In specific regard to the SF O-3, this seems to be the guy for whom grad school is the least appropriate. Grad school, imo, is most valuable to those individuals who have some real-life experience to put the graduate education in context. An SF O-3 just doesn't tend to have the same level of experience as his CF counterparts. For example, over halfway through my third tour in Iraq, I met up with a few SF Captains who were just arriving in country and were preparing to take charge of ODAs within a month or so thereafter. They came on active duty at the same time that I did and were finally deploying for the first time. Welcome to the party. They redeployed about three months later. Three months experience versus three years among many of their CF peers. A friend of mine deployed to OIF I as an Infantry PL, at the same time that I did, and redeployed in early 2004. Then he went the SF route. He finally deployed with an ODA in 2008. If either of those examples are typical of most SF O-3s, then maybe we should let them get a little more operational time under their belts. It seems that they already spend most of their lives in training.

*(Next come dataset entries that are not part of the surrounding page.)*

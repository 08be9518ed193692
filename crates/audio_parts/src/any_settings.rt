//! A new part of any kind, and what its owner sets.
ghost use Rattle.std.specs.Prelude.{◌≡◌, ◌+◌, ◌<◌, ◌≤◌, true, false, [], length, None, Some, IfOk};
ghost use Rattle.part_forms.specs.Kinds.{IsSized, is_source};
ghost use Rattle.audio_parts.specs.AnyParts.{file_of, read_of, written_of};
ghost use Rattle.part_forms.specs.Effects.{coder_kind};
ghost use Rattle.audio_parts.specs.Kinds.{MayHave, default_terms, with_format, with_factor};
ghost use Rattle.part_forms.specs.Sinking.{reformatted};

use crate::OutOfMemory;
use crate::any_part::AnyPart;
use crate::coder::{Decoding, Encoding, G711Decoder, G711Encoder};
use crate::gain::{Gain, Gaining};
use crate::mixer::Mixer;
use crate::splitter::{Splitter, Splitting};
use crate::wav_sink::WavSink;
use crate::wav_source::WavSource;
use g711_law::Companding;
use omx_types::{Format, Kind, ONE};
use outside_io::{Sink, Source};
use part_api::Part;
use std::alloc::Global;

const PCM: Format = Format::Pcm {
    rate: 8000,
    channels: 1,
};

const ALAW: Format = Format::Alaw {
    rate: 8000,
    channels: 1,
};

const MULAW: Format = Format::Mulaw {
    rate: 8000,
    channels: 1,
};

fn new_mixer(alloc: Global, inputs: u32) -> Result<Mixer, OutOfMemory>
    requires some { 2 ≤ inputs }
    requires not_many { inputs ≤ 8 }
    ensures { IfOk result (λ mixer. ⟦<Mixer as Part>⟧.terms mixer ≡ default_terms (Kind.Mixer inputs)) }
{
    let formats = vec![in alloc; PCM; inputs as usize]?;
    let weights = vec![in alloc; ONE; inputs as usize]?;
    Mixer::new(alloc, formats, PCM, weights)
}

fn new_splitter(alloc: Global, outputs: u32) -> Result<Splitter, OutOfMemory>
    ensures { IfOk result (λ splitter. ⟦<Splitter as Part>⟧.terms splitter ≡ default_terms (Kind.Splitter outputs)) }
{
    let formats = vec![in alloc; PCM; outputs as usize]?;
    Splitter::new(alloc, Splitting::new(PCM, formats))
}

fn new_encoder(alloc: Global, companding: Companding) -> Result<G711Encoder, OutOfMemory>
    ensures { IfOk result (λ encoder. ⟦<G711Encoder as Part>⟧.terms encoder ≡ default_terms (coder_kind companding)) }
{
    let effect = match companding {
        Companding::ALaw => Encoding::new(companding, PCM, ALAW),
        Companding::MuLaw => Encoding::new(companding, PCM, MULAW),
    };
    G711Encoder::new(alloc, effect)
}

impl<S: Source, K: Sink> AnyPart<S, K> {
    /// A part of that kind, without a file: one channel at a rate of 8,000, PCM where a port may have
    /// it, else A-law, else mu-law; a gain and weights of one.
    pub fn new(alloc: Global, kind: Kind) -> Result<AnyPart<S, K>, OutOfMemory>
        requires { IsSized kind }
        ensures terms { IfOk result (λ part. ⟦<AnyPart<S, K> as Part>⟧.terms part ≡ default_terms kind) }
        ensures failed { IfOk result (λ part. ⟦<AnyPart<S, K> as Part>⟧.failed part ≡ false) }
        ensures file { IfOk result (λ part. file_of part ≡ None) }
        ensures read { IfOk result (λ part. read_of part ≡ None) }
        ensures written { IfOk result (λ part. written_of part ≡ None) }
        ensures left { IfOk result (λ part. is_source kind ≡ true → ⟦<AnyPart<S, K> as Part>⟧.left part ≡ Some 0) }
        ensures rest { IfOk result (λ part. is_source kind ≡ true → ⟦<AnyPart<S, K> as Part>⟧.rest part ≡ Some []) }
        ensures kept { IfOk result (λ part. ⟦<AnyPart<S, K> as Part>⟧.kept part ≡ None) }
        ensures writing { IfOk result (λ part. ⟦<AnyPart<S, K> as Part>⟧.writing part ≡ None) }
    {
        Ok(match kind {
            Kind::Source => AnyPart::Source(WavSource::new(alloc, false, PCM)?),
            Kind::Late => AnyPart::Source(WavSource::new(alloc, true, PCM)?),
            Kind::Decoder => {
                let effect = Decoding::new(ALAW, PCM);
                AnyPart::Decoder(G711Decoder::new(alloc, effect)?)
            }
            Kind::Alaw => AnyPart::Encoder(new_encoder(alloc, Companding::ALaw)?),
            Kind::Mulaw => AnyPart::Encoder(new_encoder(alloc, Companding::MuLaw)?),
            Kind::Gain => {
                let effect = Gaining::new(PCM, PCM, ONE);
                AnyPart::Gain(Gain::new(alloc, effect)?)
            }
            Kind::Mixer(inputs) => AnyPart::Mixer(new_mixer(alloc, inputs)?),
            Kind::Splitter(outputs) => AnyPart::Splitter(new_splitter(alloc, outputs)?),
            Kind::Sink => AnyPart::Sink(WavSink::new(alloc, PCM)?),
        })
    }

    /// Sets the format of a port: inputs are numbered from 0, then come the outputs. A step of a
    /// source or sink that was begun is given up.
    pub fn set_format(&mut self, port: u32, format: Format)
        requires port { port < length (⟦<AnyPart<S, K> as Part>⟧.terms self.old).inputs + length (⟦<AnyPart<S, K> as Part>⟧.terms self.old).outputs }
        requires may { MayHave (⟦<AnyPart<S, K> as Part>⟧.terms self.old) port format }
        ensures terms { ⟦<AnyPart<S, K> as Part>⟧.terms self.new ≡ with_format (⟦<AnyPart<S, K> as Part>⟧.terms self.old) port format }
        ensures failed { ⟦<AnyPart<S, K> as Part>⟧.failed self.new ≡ ⟦<AnyPart<S, K> as Part>⟧.failed self.old }
        ensures file { file_of self.new ≡ file_of self.old }
        ensures read { read_of self.new ≡ read_of self.old }
        ensures written { written_of self.new ≡ written_of self.old }
        ensures left { ⟦<AnyPart<S, K> as Part>⟧.left self.new ≡ ⟦<AnyPart<S, K> as Part>⟧.left self.old }
        ensures rest { ⟦<AnyPart<S, K> as Part>⟧.rest self.new ≡ ⟦<AnyPart<S, K> as Part>⟧.rest self.old }
        ensures kept { ⟦<AnyPart<S, K> as Part>⟧.kept self.new ≡ ⟦<AnyPart<S, K> as Part>⟧.kept self.old }
        ensures writing { ⟦<AnyPart<S, K> as Part>⟧.writing self.new ≡ reformatted format (⟦<AnyPart<S, K> as Part>⟧.writing self.old) }
    {
        match self {
            AnyPart::Source(part) => part.set_format(format),
            AnyPart::Decoder(part) => part.set_format(port, format),
            AnyPart::Encoder(part) => part.set_format(port, format),
            AnyPart::Gain(part) => part.set_format(port, format),
            AnyPart::Mixer(part) => part.set_format(port, format),
            AnyPart::Splitter(part) => part.set_format(port, format),
            AnyPart::Sink(part) => part.set_format(format),
        }
    }

    /// Sets a gain's gain, or the weight of a mixer's input.
    pub fn set_factor(&mut self, input: u32, factor: u32)
        requires input { input < length (⟦<AnyPart<S, K> as Part>⟧.terms self.old).factors }
        requires small { factor ≤ 65535 }
        ensures terms { ⟦<AnyPart<S, K> as Part>⟧.terms self.new ≡ with_factor (⟦<AnyPart<S, K> as Part>⟧.terms self.old) input factor }
        ensures failed { ⟦<AnyPart<S, K> as Part>⟧.failed self.new ≡ ⟦<AnyPart<S, K> as Part>⟧.failed self.old }
        ensures file { file_of self.new ≡ file_of self.old }
        ensures read { read_of self.new ≡ read_of self.old }
        ensures written { written_of self.new ≡ written_of self.old }
        ensures left { ⟦<AnyPart<S, K> as Part>⟧.left self.new ≡ ⟦<AnyPart<S, K> as Part>⟧.left self.old }
        ensures rest { ⟦<AnyPart<S, K> as Part>⟧.rest self.new ≡ ⟦<AnyPart<S, K> as Part>⟧.rest self.old }
        ensures kept { ⟦<AnyPart<S, K> as Part>⟧.kept self.new ≡ ⟦<AnyPart<S, K> as Part>⟧.kept self.old }
        ensures writing { ⟦<AnyPart<S, K> as Part>⟧.writing self.new ≡ ⟦<AnyPart<S, K> as Part>⟧.writing self.old }
    {
        match self {
            AnyPart::Gain(part) => part.set_gain(factor),
            AnyPart::Mixer(part) => part.set_weight(input, factor),
            _ => unreachable!(),
        }
    }
}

Just to be clear, I'm not knocking any of those guys. They're all smart folks and seemed to know their jobs. I'm just saying that their actual time performing their duties on a deployment seems pretty short. Classroom time, regardless of how enlightening or interesting, is theory. You can only ingest so much theory and hold so much of it down without some real-life experience to settle it. If we expected guys to be in charge of an ODA for two or three deployments and then go to grad school, then that would seem reasonable. But my understanding - and please someone correct me if I'm wrong - is that most are off to some staff job, followed by promotion to O-4 soon after one successful deployment on an ODA.